Copy out the listing below so that each line matches exactly.

RECORDS SUPPLIED: Begin

// bodyValues: the decoded text of body parts (RFC 8621, sections 4.1.4 and 4.2).
ghost use Rattle.std.specs.Prelude.{◌≡◌, [], IfOk, OnOk, length};
ghost use Rattle.jm_json.specs.Json.{tree_of as json_of};
ghost use Rattle.mime_tree.specs.PartLimit.{parts_of};
ghost use Rattle.mime_tree.specs.Places.{IsPlaced};
ghost use Rattle.mime_type.specs.PartViews.{node_of};
ghost use Rattle.body_lists.specs.Views.{lists_of};
ghost use Rattle.mail_summary.specs.Leaves;
ghost use Rattle.mail_summary.specs.Texts;
ghost use Rattle.mail_view.specs.Objects.{put_all};
ghost use Rattle.mail_view.specs.Messages.{IsRead};
ghost use Rattle.mail_view.specs.Views.{ArePlaced, nodes_of};
ghost use Rattle.mail_view.specs.Values.{entries, entry, is_asked, value_tree, values_tree};

use crate::message::Message;
use body_lists::BodyLists;
use get_args::Wanted;
use jm_base::{NoMemory, Text};
use jm_json::{Json, Members};
use mail_summary::read_body_value;
use mime_type::Part;
use std::alloc::Global;

// Returns whether a number is one of these.
fn is_among(numbers: &[u64], number: u64) -> bool
    ensures { result ≡ Leaves.is_among numbers.now (Some number) }
{
    for other in numbers {
        if *other == number {
            return true;
        }
    }
    false
}

fn is_listed(numbers: &[u64], number: Option<u64>) -> bool
    ensures { result ≡ Leaves.is_among numbers.now number }
{
    match number {
        Some(number) => is_among(numbers, number),
        None => false,
    }
}

// Returns whether the text of a part is asked for.
fn is_value_wanted(wanted: &Wanted, lists: &BodyLists, part: &Part) -> bool
    ensures { result ≡ is_asked wanted.now (lists_of lists.now) (node_of part.now) }
{
    part.media.as_bytes().starts_with(b"text/")
        && (wanted.all_values
            || (wanted.text_values && is_listed(lists.text.as_slice(), part.number))
            || (wanted.html_values && is_listed(lists.html.as_slice(), part.number)))
}

// Returns the text of a part.
fn write_value(alloc: Global, bytes: &[u8], most: u64, part: &Part) -> Result<Json, NoMemory>
    requires { IsPlaced (length bytes.now) (node_of part.now) }
    ensures { IfOk result (λ t.
        json_of t ≡ value_tree (Texts.body_value bytes.now most (node_of part.now))) }
{
    let body = read_body_value(alloc, bytes, part, most)?;
    let mut value = Members::with_room(alloc, 3)?;
    value.set(alloc, "isEncodingProblem", Json::Bool(body.problem))?;
    value.set(alloc, "isTruncated", Json::Bool(body.truncated))?;
    value.set(alloc, "value", Json::Text(body.text))?;
    Ok(Json::Object(value))
}

// Puts the text of a part, if it is asked for.
fn put_value(
    alloc: Global,
    bytes: &[u8],
    wanted: &Wanted,
    lists: &BodyLists,
    part: &Part,
    values: &mut Members,
) -> Result<(), NoMemory>
    requires { IsPlaced (length bytes.now) (node_of part.now) }
    ensures { OnOk result (values.new
        ≡ put_all (entry bytes.now wanted.now (lists_of lists.now) (node_of part.now)) values.old) }
{
    if !is_value_wanted(wanted, lists, part) {
        return Ok(());
    }
    let Some(number) = part.number else {
        return Ok(());
    };
    let name = Text::from_string(format!(in alloc; "{number}")?);
    values.put(name, write_value(alloc, bytes, wanted.most_bytes, part)?)
}

// Returns the texts of some parts.
fn write_part_values(
    alloc: Global,
    bytes: &[u8],
    wanted: &Wanted,
    lists: &BodyLists,
    parts: &[&Part],
) -> Result<Members, NoMemory>
    requires { ArePlaced (length bytes.now) (nodes_of parts.now) }
    ensures { IfOk result (λ ms. ms
        ≡ put_all (entries bytes.now wanted.now (lists_of lists.now) (nodes_of parts.now)) []) }
{
    let mut values = Members::new(alloc);
    for part in parts {
        put_value(alloc, bytes, wanted, lists, part, &mut values)?;
    }
    Ok(values)
}

/// Returns the texts that are asked for, each under its partId.
pub(crate) fn write_body_values(
    alloc: Global,
    message: &Message<'_>,
    wanted: &Wanted,
) -> Result<Json, NoMemory>
    requires { IsRead message.now }
    ensures { IfOk result (λ t. json_of t
        ≡ values_tree message.now.showing.bytes.now wanted.now
        (parts_of message.now.showing.bytes.now)) }
{
    let bytes = message.showing.bytes;
    let values = write_part_values(alloc, bytes, wanted, message.lists, message.parts)?;
    Ok(Json::Object(values))
}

RECORDS SUPPLIED: End

*EXPECTED ANSWER*
// bodyValues: the decoded text of body parts (RFC 8621, sections 4.1.4 and 4.2).
ghost use Rattle.std.specs.Prelude.{◌≡◌, [], IfOk, OnOk, length};
ghost use Rattle.jm_json.specs.Json.{tree_of as json_of};
ghost use Rattle.mime_tree.specs.PartLimit.{parts_of};
ghost use Rattle.mime_tree.specs.Places.{IsPlaced};
ghost use Rattle.mime_type.specs.PartViews.{node_of};
ghost use Rattle.body_lists.specs.Views.{lists_of};
ghost use Rattle.mail_summary.specs.Leaves;
ghost use Rattle.mail_summary.specs.Texts;
ghost use Rattle.mail_view.specs.Objects.{put_all};
ghost use Rattle.mail_view.specs.Messages.{IsRead};
ghost use Rattle.mail_view.specs.Views.{ArePlaced, nodes_of};
ghost use Rattle.mail_view.specs.Values.{entries, entry, is_asked, value_tree, values_tree};

use crate::message::Message;
use body_lists::BodyLists;
use get_args::Wanted;
use jm_base::{NoMemory, Text};
use jm_json::{Json, Members};
use mail_summary::read_body_value;
use mime_type::Part;
use std::alloc::Global;

// Returns whether a number is one of these.
fn is_among(numbers: &[u64], number: u64) -> bool
    ensures { result ≡ Leaves.is_among numbers.now (Some number) }
{
    for other in numbers {
        if *other == number {
            return true;
        }
    }
    false
}

fn is_listed(numbers: &[u64], number: Option<u64>) -> bool
    ensures { result ≡ Leaves.is_among numbers.now number }
{
    match number {
        Some(number) => is_among(numbers, number),
        None => false,
    }
}

// Returns whether the text of a part is asked for.
fn is_value_wanted(wanted: &Wanted, lists: &BodyLists, part: &Part) -> bool
    ensures { result ≡ is_asked wanted.now (lists_of lists.now) (node_of part.now) }
{
    part.media.as_bytes().starts_with(b"text/")
        && (wanted.all_values
            || (wanted.text_values && is_listed(lists.text.as_slice(), part.number))
            || (wanted.html_values && is_listed(lists.html.as_slice(), part.number)))
}

// Returns the text of a part.
fn write_value(alloc: Global, bytes: &[u8], most: u64, part: &Part) -> Result<Json, NoMemory>
    requires { IsPlaced (length bytes.now) (node_of part.now) }
    ensures { IfOk result (λ t.
        json_of t ≡ value_tree (Texts.body_value bytes.now most (node_of part.now))) }
{
    let body = read_body_value(alloc, bytes, part, most)?;
    let mut value = Members::with_room(alloc, 3)?;
    value.set(alloc, "isEncodingProblem", Json::Bool(body.problem))?;
    value.set(alloc, "isTruncated", Json::Bool(body.truncated))?;
    value.set(alloc, "value", Json::Text(body.text))?;
    Ok(Json::Object(value))
}

// Puts the text of a part, if it is asked for.
fn put_value(
    alloc: Global,
    bytes: &[u8],
    wanted: &Wanted,
    lists: &BodyLists,
    part: &Part,
    values: &mut Members,
) -> Result<(), NoMemory>
    requires { IsPlaced (length bytes.now) (node_of part.now) }
    ensures { OnOk result (values.new
        ≡ put_all (entry bytes.now wanted.now (lists_of lists.now) (node_of part.now)) values.old) }
{
    if !is_value_wanted(wanted, lists, part) {
        return Ok(());
    }
    let Some(number) = part.number else {
        return Ok(());
    };
    let name = Text::from_string(format!(in alloc; "{number}")?);
    values.put(name, write_value(alloc, bytes, wanted.most_bytes, part)?)
}

// Returns the texts of some parts.
fn write_part_values(
    alloc: Global,
    bytes: &[u8],
    wanted: &Wanted,
    lists: &BodyLists,
    parts: &[&Part],
) -> Result<Members, NoMemory>
    requires { ArePlaced (length bytes.now) (nodes_of parts.now) }
    ensures { IfOk result (λ ms. ms
        ≡ put_all (entries bytes.now wanted.now (lists_of lists.now) (nodes_of parts.now)) []) }
{
    let mut values = Members::new(alloc);
    for part in parts {
        put_value(alloc, bytes, wanted, lists, part, &mut values)?;
    }
    Ok(values)
}

/// Returns the texts that are asked for, each under its partId.
pub(crate) fn write_body_values(
    alloc: Global,
    message: &Message<'_>,
    wanted: &Wanted,
) -> Result<Json, NoMemory>
    requires { IsRead message.now }
    ensures { IfOk result (λ t. json_of t
        ≡ values_tree message.now.showing.bytes.now wanted.now
        (parts_of message.now.showing.bytes.now)) }
{
    let bytes = message.showing.bytes;
    let values = write_part_values(alloc, bytes, wanted, message.lists, message.parts)?;
    Ok(Json::Object(values))
}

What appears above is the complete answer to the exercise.